Young women and adolescent girls are also uniquely affected by HIV and are not receiving adequate care. In 2015, adolescent girls and young women comprised 60 percent of those aged 15 to 24 years living with HIV and almost the same percentage of new HIV infections were among this cohort. Sexual and reproductive health care, including HIV testing and treatment, have consistently been kept out of the hands of the women and girls who need them.

“Global politics are changing, and repressive laws and policies are on the rise,” said Michael Kirby, former Justice of the High Court of Australia. “In recent years, political trends have negatively impacted the global HIV response: civic space has shrunk, migrants don’t have access to health care, and funding has dropped.”

The report warns that shrinking civil society space due to government crackdowns is hampering the HIV response as marginalized groups are seeing key health services cut off. The fight against HIV, tuberculosis and viral hepatitis will only be won if civil society is empowered and able to provide services, mobilize for justice and hold governments accountable.

“In the wake of the ongoing global refugee crisis, borders have tightened and access to health services has been restricted for millions of migrants – exactly the opposite of what is needed,” said Dr. Shereen El Feki, Vice-Chair of the Commission. “Condemning people who have left their homes to seek safety strips them of their human rights and in the process increases their vulnerability to HIV and its co-infections.”

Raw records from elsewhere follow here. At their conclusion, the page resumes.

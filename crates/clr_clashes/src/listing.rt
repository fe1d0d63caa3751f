//! The smallest clashes of a scene: one pass over its touched needs finds the members that break each
//! need which nothing covers, and those that hold others give way.

ghost use Rattle.std.specs.Prelude.{◌≡◌, map, IfOk, OnOk};
ghost use Rattle.std.specs.List.{list_any};
ghost use Rattle.clr_needs.specs.Needs.{IsPossibleNeed};
ghost use Rattle.clr_foot.specs.Scenes.{IsReady, model_of, setting_of};
ghost use Rattle.clr_clashes.specs.Keeping.{AddsNeedClash, is_all_in, with_clash};
ghost use Rattle.clr_clashes.specs.ListedClashes.{AreSmallestClashes, listed_clash_of};

use clr_finders::RowFinder;
use clr_foot::Scene;
use clr_needs::Need;
use clr_rows::RowView;
use std::alloc::{AllocError, Global};

/// Members that can't all be merged, by position, ascending, and a need that they break.
#[derive(Debug, Drop)]
pub struct Clash {
    pub members: Vec<u16>,
    pub need: Need,
}

/// Returns whether all of some members are among others.
fn is_within(members: &[u16], others: &[u16]) -> bool
    ensures { result ≡ is_all_in members.now others.now }
{
    members.iter().all(|member| others.contains(member))
}

/// Returns whether the members of one of some clashes are all among some members.
fn hold_clash(clashes: &[Clash], members: &[u16]) -> bool
    ensures { result ≡ list_any (λ k. is_all_in k.members.items members.now) clashes.now }
{
    clashes
        .iter()
        .any(|clash| is_within(clash.members.as_slice(), members))
}

/// Adds a clash, unless it holds one that is there, and drops those that hold it.
fn add_clash(clashes: &mut Vec<Clash>, clash: Clash) -> Result<(), AllocError>
    ensures { OnOk result (map listed_clash_of clashes.new.items ≡ with_clash (map listed_clash_of clashes.old.items) (listed_clash_of clash)) }
{
    if hold_clash(clashes.as_slice(), clash.members.as_slice()) {
        return Ok(());
    }
    clashes.retain(|other| !is_within(clash.members.as_slice(), other.members.as_slice()));
    clashes.push(clash)?;
    Ok(())
}

/// Adds the members that break a possible need, where no witnesses are picked for it.
fn note_need<V: RowView, F: RowFinder>(
    scene: &Scene<'_, V, F>,
    need: &Need,
    clashes: &mut Vec<Clash>,
) -> Result<(), AllocError>
    requires ready { IsReady F.settled (model_of V.content scene.now) }
    requires possible { IsPossibleNeed (setting_of (model_of V.content scene.now)) need.now }
    ensures { OnOk result (AddsNeedClash (setting_of (model_of V.content scene.now)) need.now
        (map listed_clash_of clashes.old.items) (map listed_clash_of clashes.new.items)) }
{
    match scene.pick(need)? {
        Some(_) => Ok(()),
        None => {
            let members = scene.blockers(need)?;
            add_clash(
                clashes,
                Clash {
                    members,
                    need: *need,
                },
            )
        }
    }
}

/// Returns the smallest sets of a scene's members that can't all be merged, since together they
/// break a touched need which nothing covers: each set once, with the least need that its members
/// break, in the order of these needs.
pub fn clashes<V: RowView, F: RowFinder>(
    alloc: Global,
    scene: &Scene<'_, V, F>,
) -> Result<Vec<Clash>, AllocError>
    requires ready { IsReady F.settled (model_of V.content scene.now) }
    ensures { IfOk result (λ list. AreSmallestClashes (setting_of (model_of V.content scene.now)) (map listed_clash_of list.items)) }
{
    let needs = scene.touched_needs()?;
    let mut list = Vec::new(alloc);
    for need in &needs {
        note_need(scene, need, &mut list)?;
    }
    Ok(list)
}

Refugees and asylum seekers are often at high risk of HIV and overlapping infections like tuberculosis, but harsh laws restrict health care access. Laws must change to ensure that everyone, no matter where they are from, can receive quality health services. The world is also still off track in funding responses to HIV, tuberculosis and viral hepatitis: in 2015 – the same year that countries adopted the 2030 Agenda for Sustainable Development and its pledge to leave no one behind – donor funding for AIDS fell by 13 percent. Sadly the small uptick in donor funding for HIV in 2017 is at best an anomaly.

Despite these challenges, UNDP together with its UN and civil society partners have helped 89 countries revise their laws to protect people’s health and rights since 2012. Successes include:

·         HIV criminalization laws have been repealed in Ghana, Greece, Honduras, Kenya, Malawi, Mongolia, Switzerland, Tajikistan, Venezuela, Zimbabwe and at least two US states.

·         Leaders are taking steps to address gender inequities to bolster the rights of women and girls who are disproportionately affected by HIV: Tunisia recently passed a law to end violence against women in public and private life, and Jordan and Lebanon have strengthened legislation on marital rape.

·         Access to health care is being prioritized with emphasis on emerging illnesses that target people vulnerable to HIV, including Portugal instituting universal access to hepatitis C treatment in 2015, and France following suit in 2016. A court ruling in India led the Government of India to change its policy on who is eligible for tuberculosis treatment.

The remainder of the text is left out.